8. The shock assembly of claim 1, wherein the housing comprising an end cap, a splined portion, a first spring housing, a second spring housing, a balancing sub, and a bottom sub.
9. The shock assembly of claim 1, wherein the mandrel comprises a first portion, a second portion, and a washpipe.
10. The shock assembly of claim 1, wherein a second end of the mandrel is engageable with a balancing sub of the housing to limit travel therebetween.
11. The shock assembly of claim 1, wherein a first portion of the mandrel has a shoulder engageable with a first end of the housing to limit travel therebetween.
12. The shock assembly of claim 1, wherein the conveyance is a drill string and the motion tool is one of a pulsing tool and a vibrating tool.
13. The shock assembly of claim 12, wherein the mandrel is operatively connectable to the drill string and the housing is operatively connectable to the motion tool.
14. The shock assembly of claim 1, wherein the mandrel is operatively connectable to the motion tool and the housing operatively connectable to the conveyance.
15. The shock assembly of claim 1, wherein the housing moves along the mandrel upon a pressure differential between pressure in a passage in the shock assembly and pressure outside of the housing.
16. A system for use in a wellbore penetrating a subterranean formation, the system comprising:
a conveyance deployable into the wellbore;
at least one motion tool operatively connectable to the conveyance; and
at least one shock assembly operatively connectable between the conveyance and the at least one motion tool, the at least one shock assembly comprising:
a mandrel operatively connectable to one of the conveyance and the motion tool;
a housing operatively connectable to another of the conveyance and the at least one motion tool, the housing having an opening to slidingly receive the mandrel; and
a first spring and a second spring slidably positionable in the housing between the mandrel and the housing;
a first spacer and a second spacer disposed in the housing between the mandrel and the housing, the first spacer configured to contact one of the first and second springs and the second spacer configured to contact the same one of the first and second springs;
the first spring having a first spring stiffness and the second spring having a second spring stiffness, the second spring stiffness being less than the first spring stiffness such that the first and second springs selectively engage as the housing slidingly moves about the mandrel in response to forces applied to the system to selectively restrict movement between the mandrel and the housing whereby the motion tool is vibrated.

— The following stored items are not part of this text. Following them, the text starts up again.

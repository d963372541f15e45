// Finish (docs/RULES.md section 4.4): the roots of each factor of a done table, merged into the front of the list,
// ascending and once each.
#![tactic(auto)]

ghost use Rattle.refusals.specs.Admitting.{Admits};
ghost use Rattle.table_finish.specs.Calls.{finish_tests, Finishes};
ghost use Rattle.table_finish.specs.Finishing.{Mergeable, RootsIn, Listable, ListedIn};

use field::tables::Tables;
use field_tables::constants::{halves_of, tables_of};
use input::LIMIT;
use poly_small::small_roots;
use refusals::Refusal;
use table_slots::check::check;
use table_slots::{FIRST, first_above, head_of, low_at, next_at};

// Refusals 7, 8 and 10, or none of them.
fn admit(table: &[u16], roots: &[u16]) -> Result<(), Refusal>
    ensures { Admits (finish_tests table.now roots.now) result }
{
    if roots.len() < LIMIT {
        return Err(Refusal::Room);
    }
    check(table)?;
    let h = head_of(table);
    match first_above(table, h.cutoff) {
        Some(_) => Err(Refusal::NotDone),
        None => Ok(()),
    }
}

// Merges the roots of the factor p into the n roots at the front of the list. Returns how many there are then.
fn merge_roots(tables: &Tables, halves: &[u16], p: &[u16], roots: &mut [u16], n: usize) -> usize
    requires { Mergeable tables.now.degree halves.now p.now roots.old n }
    ensures { RootsIn tables.now.degree p.now n roots.old result roots.new }
{
    let mut out = [0u16; 3];
    let k = small_roots(tables, halves, p, &mut out);
    slices::merge(roots, n, &out[..k])
}

// Lists every element at which some factor is zero, with the field's tables lent. Returns how many there are.
pub fn finish_lent(tables: &Tables, halves: &[u16], table: &[u16], roots: &mut [u16]) -> usize
    requires { Listable tables.now.degree halves.now table.now roots.old }
    ensures { ListedIn table.now roots.old result roots.new }
{
    let h = head_of(table);
    let mut at = FIRST;
    let mut k = 0;
    for _ in 0..h.factors {
        let p = low_at(table, at);
        k = merge_roots(tables, halves, p, roots, k);
        at = next_at(table, at);
    }
    k
}

// Lists, ascending and once each, every field element at which some factor of a done table is zero, at the front of
// the list. Returns how many there are.
pub fn finish(table: &[u16], roots: &mut [u16]) -> Result<u16, Refusal>
    ensures { Finishes table.now roots.old result roots.new }
{
    admit(table, roots)?;
    let m = head_of(table).m;
    let k = finish_lent(&tables_of(m), halves_of(m), table, roots);
    Ok(k as u16)
}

17. A method of vibrating a motion tool positionable in a wellbore penetrating a subterranean formation by a conveyance, the method comprising:
operatively connecting a shock assembly between the conveyance and the motion tool, the shock assembly comprising a mandrel, a housing having an opening to slidingly receive the mandrel and comprising a first spring portion and a second spring portion, a first and a second spring slidably positionable in the housing between the mandrel and the housing, the second spring having a stiffness less than a stiffness of the first spring; and
vibrating the motion tool by selectively engaging the first and second springs as the housing slidingly moves in both directions about the mandrel in response to forces applied to the conveyance.
18. The method of claim 17, wherein the conveyance comprises a drill string with a bit at a downhole end thereof, the method further comprising advancing the drill bit into the subterranean formation to form the wellbore.
19. The method of claim 17, wherein the vibrating comprises engaging the second spring and the first spring when the forces are above a pre-determined minimum.
20. The method of claim 17, wherein the vibrating comprises engaging the second spring but not the first spring when the forces are below a pre-determined maximum.
21. The method of claim 17, wherein the vibrating comprises engaging the second spring when the forces are applied to the conveyance.